The occasion of our barn raising drew the aid of other neighbors: the Grangers, the Watsons, the Shropshires, the Engles, and the Craigmiles. How warmly I regarded them as I saw their carriages and wagons emerging from the forest onto Elm Creek Farm. Some I still hold in high esteem, but to others, my heart has turned to cold stone.
But, of course, I did not know then how I would come to feel later. Neither, I daresay, could they have imagined what scandal we Bergstroms would bring into their midst. If they had suspected, some of them would have brought down that barn upon our heads. It amazes me now, gazing back into the past, that nothing distinguished future friend from foe, and that I never would have imagined who would later shun us and who would prove true.
I race ahead in my eagerness to unburden myself, but I must not allow my urgency to muddle this history.
After the barn, Hans put in a corral, intending, to my surprise, to pursue horse breeding after all. I had thought he had abandoned this idea with the loss of Castor and Pollux, but if anything, his interest had grown. “Mr. L. did not make such a good go of it,” ventured I, when I saw that Hans was determined.
Hans merely grinned at me and said, “Sister, I think I’ve shown you I’m much more clever than Mr. L.”
So I said nothing more to dissuade him, although to this day I do not believe Hans gained Elm Creek Farm through cleverness.
As for Anneke and me, in addition to assisting Hans with the crops as needed, we divided our women’s work in shares that suited us both. Anneke, with her gift for needle and thread, took care of all the mending and sewing. Relieved to be rid of those detested chores, I was glad to care for the kitchen garden. In those days I was happiest working outside, the bright sun on my cheek, the fresh soil between my fingers. Anneke washed and tidied the cabin, while I cooked our meals. We took turns caring for the chickens and, after Dorothea instructed us, milking the cow.
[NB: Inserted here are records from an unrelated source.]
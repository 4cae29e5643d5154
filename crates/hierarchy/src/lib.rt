// Hierarchical clustering asset allocation on a given covariance.
#![tactic(auto)]

ghost use Rattle.std.specs.Prelude.{◌≡◌, ◌≤◌, length, Ok};
ghost use Rattle.lent.specs.Lent.{laid};
ghost use Rattle.hierarchy.specs.Hierarchy.{HierarchyAnswered};
ghost use Rattle.hierarchy.specs.Inner.{Ground, Planted, HierarchyWorked};

use distances::Measure;
use linkage::{Distance, Linkage};
use refusal::Refusal;
use sharing::Metric;

// The tree of a covariance and its leaf order, at the fronts of two arrays; refuses a variance. Both matrices stand in the fronts of two rooms: the calls clear all that they are lent.
// The distances wait in the scratch: the sharing leaves it zero.
fn plant_in(
    covariance: &[f64],
    n: usize,
    distance: Distance,
    linkage: Linkage,
    corr: &mut [f64],
    scratch: &mut [f64],
    tree: &mut [usize],
    leaves: &mut [usize],
) -> Result<(), Refusal>
    requires { Ground (length covariance.now) n (length corr.old) (length scratch.old) (length tree.old) (length leaves.old) }
    ensures { Planted (Ok tt) distance linkage covariance.now n result tree.new leaves.new }
{
    let m = n * n;
    stats::cov2corr(covariance, n, n, &mut corr[..m])?;
    arranging::arrange(
        Measure::Hcaa,
        distance,
        linkage,
        &corr[..m],
        n,
        n,
        tree,
        leaves,
        &mut scratch[..m],
    )
}

// The same. Few assets have a room of their own: the zeros of a large one would take longer than they do.
fn plant(
    covariance: &[f64],
    n: usize,
    distance: Distance,
    linkage: Linkage,
    tree: &mut [usize],
    leaves: &mut [usize],
    scratch: &mut [f64],
) -> Result<(), Refusal>
    requires { Ground (length covariance.now) n 4096 (length scratch.old) (length tree.old) (length leaves.old) }
    ensures { Planted (Ok tt) distance linkage covariance.now n result tree.new leaves.new }
{
    if n <= 16 {
        let mut corr = [0.0; 256];
        return plant_in(
            covariance, n, distance, linkage, &mut corr, scratch, tree, leaves,
        );
    }
    let mut corr = [0.0; 4096];
    plant_in(
        covariance, n, distance, linkage, &mut corr, scratch, tree, leaves,
    )
}

// The numbers in the front of `to`, and zeros.
fn lay(from: &[usize], to: &mut [usize])
    requires { length from.now ≤ length to.old }
    ensures { to.new ≡ laid 0 (Ok tt) (length to.old) from.now }
{
    lent::clear(to);
    to[..from.len()].copy_from_slice(from);
}

// All the steps: the tree refuses a variance, the sharing a side or a cut cluster. After a refusal the buffers hold what was worked out before it.
fn work(
    covariance: &[f64],
    rows_in: usize,
    columns: usize,
    metric: Metric,
    expected: &[f64],
    expected_given: bool,
    returns: &[f64],
    return_rows: usize,
    return_columns: usize,
    confidence: f64,
    clusters: usize,
    distance: Distance,
    linkage: Linkage,
    rows: &mut [usize],
    order: &mut [usize],
    weights: &mut [f64],
    scratch: &mut [f64],
) -> Result<(), Refusal>
    ensures { HierarchyWorked
        (record {
          rule = record {
            metric = metric;
            inputs = record { expected = expected.now; returns = returns.now; return_rows = return_rows; confidence = confidence };
            clusters = clusters;
          };
          expected_given = expected_given;
          return_columns = return_columns;
        })
        distance linkage covariance.now rows_in columns
        (record {
          rows = length rows.old;
          order = length order.old;
          weights = length weights.old;
          scratch = length scratch.old;
        })
        result rows.new order.new weights.new scratch.new }
{
    admission::judge(
        covariance.len(),
        rows_in,
        columns,
        metric,
        expected,
        expected_given,
        returns,
        return_rows,
        return_columns,
        confidence,
        clusters,
        rows.len(),
        order.len(),
        weights.len(),
        scratch.len(),
    )?;
    let mut tree = [0; 126];
    let mut leaves = [0; 64];
    plant(
        covariance,
        columns,
        distance,
        linkage,
        &mut tree,
        &mut leaves,
        scratch,
    )?;
    let k = 2 * (columns - 1);
    let made = &tree[..k];
    // leaves the scratch zero
    sharing::allocate_down_tree(
        metric,
        expected,
        expected_given,
        returns,
        return_rows,
        return_columns,
        confidence,
        covariance,
        columns,
        columns,
        made,
        columns,
        clusters,
        weights,
        scratch,
    )?;
    lay(made, rows);
    lay(&leaves[..columns], order);
    Ok(())
}

// The weights of a covariance of as many assets as it has columns, with their tree and its leaf order.
pub fn allocate_covariance(
    covariance: &[f64],
    rows_in: usize,
    columns: usize,
    metric: Metric,
    expected: &[f64],
    expected_given: bool,
    returns: &[f64],
    return_rows: usize,
    return_columns: usize,
    confidence: f64,
    clusters: usize,
    distance: Distance,
    linkage: Linkage,
    rows: &mut [usize],
    order: &mut [usize],
    weights: &mut [f64],
    scratch: &mut [f64],
) -> Result<(), Refusal>
    ensures { HierarchyAnswered
        (record {
          rule = record {
            metric = metric;
            inputs = record { expected = expected.now; returns = returns.now; return_rows = return_rows; confidence = confidence };
            clusters = clusters;
          };
          expected_given = expected_given;
          return_columns = return_columns;
        })
        distance linkage covariance.now rows_in columns
        (record {
          rows = length rows.old;
          order = length order.old;
          weights = length weights.old;
          scratch = length scratch.old;
        })
        result rows.new order.new weights.new scratch.new }
{
    if let Err(refused) = work(
        covariance,
        rows_in,
        columns,
        metric,
        expected,
        expected_given,
        returns,
        return_rows,
        return_columns,
        confidence,
        clusters,
        distance,
        linkage,
        rows,
        order,
        weights,
        scratch,
    ) {
        rooms::clear_all(rows, order, weights, scratch);
        return Err(refused);
    }
    Ok(())
}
Daily we improved Elm Creek Farm, and daily, too, did Anneke and Hans grow more fond of each other. Theirs was a peculiar courtship, indeed, conducted while they lived in the same small house, with only an elder sister as chaperone. I had always imagined true love to be as mine was for E., evolving slowly over time as friendship transformed from the sweetness of childhood affection into steadfast and respectful devotion. But Hans and Anneke seemed to admire each other from the start, with only a token reluctance on Anneke’s part to abandon thoughts of her first intended. They married six months after their meeting in New York, before the first snow fell.
As a wedding gift for his bride, Hans added to our cabin a fireplace, a root cellar, and a second room. Not long after her own marriage, perhaps because she wished me to know a happiness like that she had found with my brother, or perhaps because she sought greater privacy than my presence would allow, Anneke began entertaining thoughts of finding a husband for me.
Among those who had come to help us those early days was Mrs. Violet Pearson Engle, the twice-widowed dressmaker, and
her grown son from her first marriage, Cyrus Pearson. Mrs. Engle was a stout woman, domineering and loud-voiced, whose main contribution to the barn raising had been to bark orders at we women laboring over our outdoor cooking fires to prepare enough food for all those men. As for Mr. Pearson, upon our first meeting I found him polite, if somewhat disdainful, with a quick grin that some might have called a smirk. But that impression might have been merely my own prejudice, as I never fully liked or trusted handsome men, perhaps because they rarely expressed interest in plain girls such as myself. Still, since he seemed pleasant enough, I thought nothing of it when Anneke suggested we invite him for supper.